* [Material for the task]
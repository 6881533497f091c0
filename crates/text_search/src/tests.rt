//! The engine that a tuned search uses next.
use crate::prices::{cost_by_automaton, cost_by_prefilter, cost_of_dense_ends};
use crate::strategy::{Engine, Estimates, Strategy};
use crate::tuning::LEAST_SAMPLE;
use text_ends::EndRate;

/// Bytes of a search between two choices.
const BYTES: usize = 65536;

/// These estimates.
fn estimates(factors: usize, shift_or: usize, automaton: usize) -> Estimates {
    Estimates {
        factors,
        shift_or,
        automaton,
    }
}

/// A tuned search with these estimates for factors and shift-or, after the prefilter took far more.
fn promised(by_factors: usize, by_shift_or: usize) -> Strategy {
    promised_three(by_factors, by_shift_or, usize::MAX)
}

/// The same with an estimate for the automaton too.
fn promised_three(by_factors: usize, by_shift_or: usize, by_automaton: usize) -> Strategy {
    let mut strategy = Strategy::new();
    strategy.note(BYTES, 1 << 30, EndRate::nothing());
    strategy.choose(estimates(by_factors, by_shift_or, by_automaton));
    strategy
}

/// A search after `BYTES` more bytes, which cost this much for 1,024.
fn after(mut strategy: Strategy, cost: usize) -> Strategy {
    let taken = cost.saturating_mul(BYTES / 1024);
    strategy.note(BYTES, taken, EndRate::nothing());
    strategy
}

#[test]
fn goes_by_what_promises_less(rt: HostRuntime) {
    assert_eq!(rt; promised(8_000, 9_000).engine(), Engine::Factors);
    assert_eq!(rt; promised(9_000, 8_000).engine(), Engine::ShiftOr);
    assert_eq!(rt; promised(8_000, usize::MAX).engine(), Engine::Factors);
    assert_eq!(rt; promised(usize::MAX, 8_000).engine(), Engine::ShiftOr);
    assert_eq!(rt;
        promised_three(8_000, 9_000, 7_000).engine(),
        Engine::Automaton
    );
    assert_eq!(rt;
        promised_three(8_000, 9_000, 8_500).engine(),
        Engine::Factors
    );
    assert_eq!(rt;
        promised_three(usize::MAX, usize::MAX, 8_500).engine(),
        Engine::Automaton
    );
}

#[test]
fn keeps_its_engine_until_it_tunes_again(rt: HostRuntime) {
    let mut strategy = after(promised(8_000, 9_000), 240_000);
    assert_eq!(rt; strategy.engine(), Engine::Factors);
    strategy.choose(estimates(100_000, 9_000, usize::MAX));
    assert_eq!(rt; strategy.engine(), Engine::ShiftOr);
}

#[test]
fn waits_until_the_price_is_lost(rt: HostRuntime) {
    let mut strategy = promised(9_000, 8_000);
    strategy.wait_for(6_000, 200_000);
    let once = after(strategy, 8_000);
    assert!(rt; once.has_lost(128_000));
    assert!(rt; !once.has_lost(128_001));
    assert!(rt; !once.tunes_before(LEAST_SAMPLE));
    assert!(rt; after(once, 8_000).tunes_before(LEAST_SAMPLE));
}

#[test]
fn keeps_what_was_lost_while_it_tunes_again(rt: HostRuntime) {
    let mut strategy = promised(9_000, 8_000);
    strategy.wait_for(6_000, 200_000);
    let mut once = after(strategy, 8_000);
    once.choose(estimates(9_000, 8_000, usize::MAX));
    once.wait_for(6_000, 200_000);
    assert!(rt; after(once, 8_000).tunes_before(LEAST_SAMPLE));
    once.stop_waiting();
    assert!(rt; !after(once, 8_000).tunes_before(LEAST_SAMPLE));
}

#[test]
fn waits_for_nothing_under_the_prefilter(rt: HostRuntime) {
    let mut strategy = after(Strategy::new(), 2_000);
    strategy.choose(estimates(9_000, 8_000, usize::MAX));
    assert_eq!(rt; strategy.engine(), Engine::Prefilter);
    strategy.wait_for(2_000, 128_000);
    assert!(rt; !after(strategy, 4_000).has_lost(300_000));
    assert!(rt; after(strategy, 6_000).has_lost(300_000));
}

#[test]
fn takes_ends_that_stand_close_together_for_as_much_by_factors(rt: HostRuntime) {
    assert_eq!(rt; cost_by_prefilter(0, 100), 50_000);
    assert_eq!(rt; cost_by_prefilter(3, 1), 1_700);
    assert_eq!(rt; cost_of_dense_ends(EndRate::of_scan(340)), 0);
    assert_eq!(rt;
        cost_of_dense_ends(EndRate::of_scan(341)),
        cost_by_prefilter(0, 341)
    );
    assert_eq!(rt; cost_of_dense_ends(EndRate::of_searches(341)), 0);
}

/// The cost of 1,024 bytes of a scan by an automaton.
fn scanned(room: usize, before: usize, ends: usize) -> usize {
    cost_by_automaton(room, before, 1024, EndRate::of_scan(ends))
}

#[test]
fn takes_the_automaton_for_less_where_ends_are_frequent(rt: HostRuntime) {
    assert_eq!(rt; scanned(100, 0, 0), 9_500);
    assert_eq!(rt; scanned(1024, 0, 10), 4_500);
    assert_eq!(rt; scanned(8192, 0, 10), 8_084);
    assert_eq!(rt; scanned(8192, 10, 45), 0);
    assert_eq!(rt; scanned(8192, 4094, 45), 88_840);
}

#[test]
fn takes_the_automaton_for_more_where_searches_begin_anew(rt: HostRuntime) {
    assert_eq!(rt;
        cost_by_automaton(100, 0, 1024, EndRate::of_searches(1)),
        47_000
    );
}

* [Required action] Everything in the listing above should be duplicated exactly.

* [Solution below]
repository 6881533497f091c0
filename crates/text_search/src/tests.rt
//! The engine that a tuned search uses next.
use crate::prices::{cost_by_automaton, cost_by_prefilter, cost_of_dense_ends};
use crate::strategy::{Engine, Estimates, Strategy};
use crate::tuning::LEAST_SAMPLE;
use text_ends::EndRate;

/// Bytes of a search between two choices.
const BYTES: usize = 65536;

/// These estimates.
fn estimates(factors: usize, shift_or: usize, automaton: usize) -> Estimates {
    Estimates {
        factors,
        shift_or,
        automaton,
    }
}

/// A tuned search with these estimates for factors and shift-or, after the prefilter took far more.
fn promised(by_factors: usize, by_shift_or: usize) -> Strategy {
    promised_three(by_factors, by_shift_or, usize::MAX)
}

/// The same with an estimate for the automaton too.
fn promised_three(by_factors: usize, by_shift_or: usize, by_automaton: usize) -> Strategy {
    let mut strategy = Strategy::new();
    strategy.note(BYTES, 1 << 30, EndRate::nothing());
    strategy.choose(estimates(by_factors, by_shift_or, by_automaton));
    strategy
}

/// A search after `BYTES` more bytes, which cost this much for 1,024.
fn after(mut strategy: Strategy, cost: usize) -> Strategy {
    let taken = cost.saturating_mul(BYTES / 1024);
    strategy.note(BYTES, taken, EndRate::nothing());
    strategy
}

#[test]
fn goes_by_what_promises_less(rt: HostRuntime) {
    assert_eq!(rt; promised(8_000, 9_000).engine(), Engine::Factors);
    assert_eq!(rt; promised(9_000, 8_000).engine(), Engine::ShiftOr);
    assert_eq!(rt; promised(8_000, usize::MAX).engine(), Engine::Factors);
    assert_eq!(rt; promised(usize::MAX, 8_000).engine(), Engine::ShiftOr);
    assert_eq!(rt;
        promised_three(8_000, 9_000, 7_000).engine(),
        Engine::Automaton
    );
    assert_eq!(rt;
        promised_three(8_000, 9_000, 8_500).engine(),
        Engine::Factors
    );
    assert_eq!(rt;
        promised_three(usize::MAX, usize::MAX, 8_500).engine(),
        Engine::Automaton
    );
}

#[test]
fn keeps_its_engine_until_it_tunes_again(rt: HostRuntime) {
    let mut strategy = after(promised(8_000, 9_000), 240_000);
    assert_eq!(rt; strategy.engine(), Engine::Factors);
    strategy.choose(estimates(100_000, 9_000, usize::MAX));
    assert_eq!(rt; strategy.engine(), Engine::ShiftOr);
}

#[test]
fn waits_until_the_price_is_lost(rt: HostRuntime) {
    let mut strategy = promised(9_000, 8_000);
    strategy.wait_for(6_000, 200_000);
    let once = after(strategy, 8_000);
    assert!(rt; once.has_lost(128_000));
    assert!(rt; !once.has_lost(128_001));
    assert!(rt; !once.tunes_before(LEAST_SAMPLE));
    assert!(rt; after(once, 8_000).tunes_before(LEAST_SAMPLE));
}

#[test]
fn keeps_what_was_lost_while_it_tunes_again(rt: HostRuntime) {
    let mut strategy = promised(9_000, 8_000);
    strategy.wait_for(6_000, 200_000);
    let mut once = after(strategy, 8_000);
    once.choose(estimates(9_000, 8_000, usize::MAX));
    once.wait_for(6_000, 200_000);
    assert!(rt; after(once, 8_000).tunes_before(LEAST_SAMPLE));
    once.stop_waiting();
    assert!(rt; !after(once, 8_000).tunes_before(LEAST_SAMPLE));
}

#[test]
fn waits_for_nothing_under_the_prefilter(rt: HostRuntime) {
    let mut strategy = after(Strategy::new(), 2_000);
    strategy.choose(estimates(9_000, 8_000, usize::MAX));
    assert_eq!(rt; strategy.engine(), Engine::Prefilter);
    strategy.wait_for(2_000, 128_000);
    assert!(rt; !after(strategy, 4_000).has_lost(300_000));
    assert!(rt; after(strategy, 6_000).has_lost(300_000));
}

#[test]
fn takes_ends_that_stand_close_together_for_as_much_by_factors(rt: HostRuntime) {
    assert_eq!(rt; cost_by_prefilter(0, 100), 50_000);
    assert_eq!(rt; cost_by_prefilter(3, 1), 1_700);
    assert_eq!(rt; cost_of_dense_ends(EndRate::of_scan(340)), 0);
    assert_eq!(rt;
        cost_of_dense_ends(EndRate::of_scan(341)),
        cost_by_prefilter(0, 341)
    );
    assert_eq!(rt; cost_of_dense_ends(EndRate::of_searches(341)), 0);
}

/// The cost of 1,024 bytes of a scan by an automaton.
fn scanned(room: usize, before: usize, ends: usize) -> usize {
    cost_by_automaton(room, before, 1024, EndRate::of_scan(ends))
}

#[test]
fn takes_the_automaton_for_less_where_ends_are_frequent(rt: HostRuntime) {
    assert_eq!(rt; scanned(100, 0, 0), 9_500);
    assert_eq!(rt; scanned(1024, 0, 10), 4_500);
    assert_eq!(rt; scanned(8192, 0, 10), 8_084);
    assert_eq!(rt; scanned(8192, 10, 45), 0);
    assert_eq!(rt; scanned(8192, 4094, 45), 88_840);
}

#[test]
fn takes_the_automaton_for_more_where_searches_begin_anew(rt: HostRuntime) {
    assert_eq!(rt;
        cost_by_automaton(100, 0, 1024, EndRate::of_searches(1)),
        47_000
    );
}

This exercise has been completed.